[Task instructions]
Count, in the entries below, the lines in which "IsAtEnd" occurs. Give the number, nothing more.

[Collection entries]
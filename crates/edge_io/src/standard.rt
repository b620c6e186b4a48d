//! The adapters over std's readers and writers. They tell no content themselves: nothing proves what a real stream holds.
//! Where the reader or the writer inside tells it, as those in memory do, each call passes it on as it is.
ghost use Rattle.std.specs.Prelude.{◌≡◌, ◌≤◌, ◌<◌, length, take, IfOk, OnOk, OnErr};
ghost use Rattle.std.specs.Io.KnownBytes.{ReadConsumes, WriteAppends};
ghost use Rattle.edge_io.specs.Counts.{Rose, RisesBy};
ghost use Rattle.edge_io.specs.Contents.{Loses, IsAtEnd, Gains, FallsBy, IsSpent};
ghost use Rattle.edge_io.specs.Standard.{reader_of, reader_left, reader_given, reader_faults, writer_of, writer_held, writer_room};
ghost use Rattle.edge_io.specs.Standard.{writer_faults, writer_stalls};

use crate::{Failed, Sink, Source};
use std::io::{ErrorKind, Read, Write};

// How often an interrupted call is made again before it counts as failed.
const TRIES: u32 = 1_000_000;

/// A source over any reader. It tells no content and counts what it gave and how many reads failed.
#[derive(Drop)]
pub struct StdSource<I> {
    reader: I,
    given: u64,
    faults: u64,
}

impl<I: Read> StdSource<I> {
    /// A source over a reader that has given nothing yet.
    pub fn new(reader: I) -> StdSource<I>
        ensures reader { reader_of result ≡ reader }
        ensures given { reader_given result ≡ 0 }
        ensures faults { reader_faults result ≡ 0 }
    {
        StdSource {
            reader,
            given: 0,
            faults: 0,
        }
    }
}

impl<I: Read> Source for StdSource<I> {
    ghost left = { reader_left };

    ghost given = { reader_given };

    ghost faults = { reader_faults };

    /// Passes on what the reader gives: the bytes that it loses stand at the front of `buf`, the end is its end, and
    /// where the answer is `Failed` it has lost none.
    fn read(&mut self, buf: &mut [u8]) -> Result<usize, Failed>
        ensures bound { IfOk result (λ count. count ≤ length buf.new) }
        ensures bytes { IfOk result (λ count. Loses (reader_left self.old) (reader_left self.new) (take count buf.new)) }
        ensures given { IfOk result (λ count. RisesBy count (reader_given self.old) (reader_given self.new)) }
        ensures end { IfOk result (λ count. count ≡ 0 → 0 < length buf.old → IsAtEnd (reader_left self.old)) }
        ensures calm { OnOk result (reader_faults self.new ≡ reader_faults self.old) }
        ensures failed { OnErr result (Rose (reader_faults self.old) (reader_faults self.new)) }
        ensures left_stays { OnErr result (reader_left self.new ≡ reader_left self.old) }
        ensures given_stays { OnErr result (reader_given self.new ≡ reader_given self.old) }
        ensures never_falls { reader_faults self.old ≤ reader_faults self.new }

        ensures passed_on { ReadConsumes (I.remaining (reader_of self.old)) (I.remaining (reader_of self.new)) result buf.new }
    {
        for _ in 0..TRIES {
            match self.reader.read(buf) {
                Ok(count) => {
                    self.given = self.given.saturating_add(count as u64);
                    return Ok(count);
                }
                Err(error) if error.kind() == ErrorKind::Interrupted => {}
                Err(_) => break,
            }
        }
        self.faults = self.faults.saturating_add(1);
        Err(Failed)
    }
}

/// A sink over any writer. It tells no content and counts the writes that failed and those that took nothing.
#[derive(Drop)]
pub struct StdSink<O> {
    writer: O,
    faults: u64,
    stalls: u64,
}

impl<O: Write> StdSink<O> {
    /// A sink over a writer that has taken nothing yet.
    pub fn new(writer: O) -> StdSink<O>
        ensures writer { writer_of result ≡ writer }
        ensures faults { writer_faults result ≡ 0 }
        ensures stalls { writer_stalls result ≡ 0 }
    {
        StdSink {
            writer,
            faults: 0,
            stalls: 0,
        }
    }
}

impl<O: Write> Sink for StdSink<O> {
    ghost held = { writer_held };

    ghost room = { writer_room };

    ghost faults = { writer_faults };

    ghost stalls = { writer_stalls };

    /// Passes on what the writer takes: it gains the first bytes of the piece, as many as the answer says, and where
    /// the answer is `Failed` it has gained none.
    fn write(&mut self, piece: &[u8]) -> Result<usize, Failed>
        ensures bound { IfOk result (λ count. count ≤ length piece.now) }
        ensures held { IfOk result (λ count. Gains (writer_held self.old) (writer_held self.new) (take count piece.now)) }
        ensures room { IfOk result (λ count. FallsBy count (writer_room self.old) (writer_room self.new)) }
        ensures stalled { IfOk result (λ count. count ≡ 0 → 0 < length piece.now → Rose (writer_stalls self.old) (writer_stalls self.new)) }
        ensures full { IfOk result (λ count. count ≡ 0 → 0 < length piece.now → IsSpent (writer_room self.new)) }
        ensures moved { IfOk result (λ count. 0 < count → writer_stalls self.new ≡ writer_stalls self.old) }
        ensures nothing { length piece.now ≡ 0 → writer_stalls self.new ≡ writer_stalls self.old }
        ensures calm { IfOk result (λ _. writer_faults self.new ≡ writer_faults self.old) }
        ensures failed { OnErr result (Rose (writer_faults self.old) (writer_faults self.new)) }
        ensures stalls_stay { OnErr result (writer_stalls self.new ≡ writer_stalls self.old) }
        ensures held_stays { OnErr result (writer_held self.new ≡ writer_held self.old) }
        ensures room_stays { OnErr result (writer_room self.new ≡ writer_room self.old) }
        ensures faults_never_fall { writer_faults self.old ≤ writer_faults self.new }
        ensures stalls_never_fall { writer_stalls self.old ≤ writer_stalls self.new }

        ensures passed_on { WriteAppends (O.contents (writer_of self.old)) (O.contents (writer_of self.new)) result piece.now }
    {
        for _ in 0..TRIES {
            match self.writer.write(piece) {
                Ok(count) => {
                    if count == 0 && !piece.is_empty() {
                        self.stalls = self.stalls.saturating_add(1);
                    }
                    return Ok(count);
                }
                Err(error) if error.kind() == ErrorKind::Interrupted => {}
                Err(_) => break,
            }
        }
        self.faults = self.faults.saturating_add(1);
        Err(Failed)
    }
}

[Solution to this exercise]
2